The number of unique terms; sparsity and the percentage of ngrams required to cover 50% and 90% of the ngram corpus increases as we go from unigrams to bigrams etc, which seems intuative. Plotting the frequency distribution gives further insights

The most frequent terms are as you would expect. E.g. “the” for unigrams, “of the” for bigrams etc. It is also clear that the shape of the distribution changes for different ngrams. Specifically, a large proportion of the unigrams are clustered around the most frequent words, however the distributions become much more dispersed for the bigrams, trigrams and quadgrams. Additionally, the frequencies for the unigrams seems to follow “Zipfs law” https://en.wikipedia.org/wiki/Zipf's_law, which is reassuring, although the bar for “that” is clearly less than a third of the height of the bar for “the”.

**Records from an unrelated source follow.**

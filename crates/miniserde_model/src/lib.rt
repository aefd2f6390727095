//! What a JSON text means: the definitions stand in `specs/`, and each function here promises a law over them and does
//! nothing. The module `error` has the error of the library, `kind` the kinds of containers. No text is read or written
//! here.
//!
//! A tree is in range (`InRange`) exactly if some text spells it: its integers fit 64 bits, its number texts are other
//! numbers, and its strings are UTF-8.
#![tactic(auto)]

ghost use Rattle.miniserde_model.specs.Examples.{NormalForms, RefusedTexts, SpelledTexts};
ghost use Rattle.miniserde_model.specs.Laws.{CanonicalIsShortest, CanonicalTextsEqual, CompactIsValue, CompactSpells, DistinctKeepsSize, EventsComplete};
ghost use Rattle.miniserde_model.specs.Laws.{CompletionsArePrefixFree, NormIsDistinct, NormIsNormal, NormIsOnly, NormInRange};
ghost use Rattle.miniserde_model.specs.Laws.{NormKeepsLast, NormRises, PutGivesNorm, JsonInRange, JsonIsUtf8, TextHasOneTree};

pub mod error;
pub mod kind;

/// Does nothing. It promises that a text has one tree at most.
pub fn text_has_one_tree()
    ensures { TextHasOneTree }
{}

/// Does nothing. It promises that the numbers of every tree that some text spells are in range, and that its strings
/// are UTF-8.
pub fn json_in_range()
    ensures { JsonInRange }
{}

/// Does nothing. It promises that every text that spells a tree is UTF-8.
pub fn json_is_utf8()
    ensures { JsonIsUtf8 }
{}

/// Does nothing. It promises that the compact text of a tree in range spells the tree, both as a whole text and as a
/// value without whitespace around it.
pub fn compact_spells()
    ensures text { CompactSpells }
    ensures value { CompactIsValue }
{}

/// Does nothing. It promises that the normal form of a normal form is itself, and that the normal form keeps numbers
/// in range and strings in UTF-8.
pub fn norm_is_normal()
    ensures idempotent { NormIsNormal }
    ensures tree { NormInRange }
{}

/// Does nothing. It promises that the normal form of members has, in byte order of the names, one
/// member for each name, with the normal form of the name's last tree. No other members do. Putting
/// the members one by one into a map gives this form.
pub fn norm_of_members()
    ensures last { NormKeepsLast }
    ensures order { NormRises }
    ensures only { NormIsOnly }
    ensures put { PutGivesNorm }
{}

/// Does nothing. It promises that a normal form has no duplicate name. If the tree has none either, both have the
/// same size.
pub fn norm_of_distinct()
    ensures distinct { NormIsDistinct }
    ensures size { DistinctKeepsSize }
{}

/// Does nothing. It promises that two trees, each of which some text spells, have equal canonical texts exactly if they
/// have equal normal forms.
pub fn canonical_texts_equal()
    ensures { CanonicalTextsEqual }
{}

/// Does nothing. It promises that no text that spells a tree is shorter than the canonical text of that tree, which
/// every tree of the same normal form shares.
pub fn canonical_is_shortest()
    ensures { CanonicalIsShortest }
{}

/// Does nothing. It promises that a value is complete after the events of its tree, and that no list of events that
/// completes a position is a proper prefix of another one that completes the same position.
pub fn events_complete()
    ensures one { EventsComplete }
    ensures only { CompletionsArePrefixFree }
{}

/// Does nothing. It promises worked examples: texts with their trees, trees with their normal forms or compact texts,
/// and texts without a tree.
pub fn worked_examples()
    ensures spelled { SpelledTexts }
    ensures normal { NormalForms }
    ensures refused { RefusedTexts }
{}
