//! The trait of types whose values are single tokens.
//! An `Event` is a token that begins a value, a `Step` an event of a value.
ghost use Rattle.std.specs.Prelude.{◌≡◌, Bool, true, false, None, Some, Err, IfOk, IfErr, ⊤};
ghost use Rattle.miniserde_model.specs.Step as step;
ghost use Rattle.miniserde_text.specs.Lexer.{event_of_token};
ghost use Rattle.miniserde_model.specs.declared.error.Error.{Error};
ghost use Rattle.miniserde_read.specs.Meaning.{Meaning};
ghost use Rattle.miniserde_read.specs.Rest.{GivesAt, GivesNoneAt};
ghost use Rattle.miniserde_read.specs.Events.{event_of, EventInRange, on_leaf, OnlyLeaves};

mod integers;
mod words;

use crate::source::Source;
use crate::step::Step;
use miniserde_model::error::{Error, Result};
use miniserde_text::json::lex::Event;
use std::alloc::Global;

/// A type whose values are `null`, booleans, numbers or strings: one token each.
pub trait Leaf: Drop {
    // Which trees mean which values.
    ghost means: { Meaning Self };

    // No list and no object means a value.
    ghost only_leaves: { OnlyLeaves means.from_tree };

    // If true, `from_step` never returns `Memory`.
    ghost read_infallible: { Bool } = { false };

    // What holds of the event if `from_step` returns `Memory`. By default it says nothing.
    ghost lacking: { step.Step → Type 0 } = { λ _. ⊤ };

    /// Returns the value that the event means, or `Invalid` if it means none of this type. Returns `Memory` if an
    /// allocation fails.
    fn from_step(alloc: Global, event: Step<'_>) -> Result<Self>
        requires { EventInRange (event_of event) }
        ensures ok { IfOk result (λ v. on_leaf means.from_tree (event_of event.entry) ≡ Some (means.content v)) }
        ensures invalid { result ≡ Err Error.Invalid → on_leaf means.from_tree (event_of event.entry) ≡ None }
        ensures infallible { read_infallible ≡ true → IfErr result (λ e. e ≡ Error.Invalid) }
        ensures memory { result ≡ Err Error.Memory → lacking (event_of event.entry) };
}

/// Returns the value that the token means, or `Invalid` if it means none of this type, or `Memory` if an allocation
/// fails. `token` must be the one that was taken last: a text that was decoded is read from the source's scratch text.
/// Takes nothing from the source.
#[inline(always)]
pub fn read_leaf<'a, T: Leaf>(token: Event<'a>, source: &mut Source<'a>) -> Result<T>
    requires { EventInRange (event_of_token token source.old.scratch) }
    ensures unchanged { source.new ≡ source.old }
    ensures ok { IfOk result (λ v. GivesAt T.means.from_tree (event_of_token token.entry source.old.scratch)
        source.old.rest source.old.rest (T.means.content v)) }
    ensures invalid { result ≡ Err Error.Invalid
        → GivesNoneAt T.means.from_tree (event_of_token token.entry source.old.scratch) source.old.rest }
    ensures infallible { T.read_infallible ≡ true → IfErr result (λ e. e ≡ Error.Invalid) }
    ensures memory { result ≡ Err Error.Memory → T.lacking (event_of_token token.entry source.old.scratch) }
{
    T::from_step(source.alloc(), source.step(token))
}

Words from Foreign Languages

Using the american-english dictionary provided with Linux distributions the following script

source("03b_nonenglish.R")

Produces a list of non english terms (nonenglish.txt in my repo) used in the corpus. Most of them are slang terms, however the french word “voila” does appear. I’m not sure it is a good idea to try and remove all Non-English words as there are few of them and some, such as “voila”, could well be used fairly frequently in conversational English.

Increasing Coverage

Stemming is a possible way of increasing coverage, i.e. use few words to cover a greater percentage of the corpus. Stemming involves reducing words to there root so jumping/jumped/jumps could all be represented by jump. The r “tm” package allows use of Porter stemming (http://snowball.tartarus.org/algorithms/porter/stemmer.html). The output below is a rerun of the frequency analysis above with Porter stemming incorporated.

stemming=TRUE
source("03a_prop_function.R",print.eval=TRUE)
source("03_corpus_exploratory.R",print.eval=TRUE)
kable(df_freq_info, caption="Frequency Analysis")
Frequency Analysis
Number Unique Percent require for 50% Coverage Percent require for 90% Coverage Not Blank TDM Blank TDM
Unigrams 6673 3.566612 49.91758 28216 9981284
Bigrams 30346 29.875437 85.97509 41478 45477522
Trigrams 39473 47.972031 89.59542 40845 59168655
Quadgrams 39406 49.718317 89.94316 39552 59069448

As would be expected the number of unique unigrams drops considerable, as does the number of unigrams required to cover 90% of the unigram corpus. However, the effect of stemming on bigram and trigram frequencies is considerably less pronounced.

Plans for APP/Model

The next steps will be to produce some preliminary models. The bases of the these models will be the calculation of conditional probabilities for the next word given the previous word(s), the words with the highest conditional probability will be used as predictions (some initial models can be seen in the files 04a_bigram_cp_model.R, 04b_trigram_cp_model.R, 04c_quadgram_cp_model.R, 04a_quingram_cp_model.R). The models will need to be tested for speed and accuracy in some way and then the “best” model will be choosen and used to produce an text prediction APP using shiny.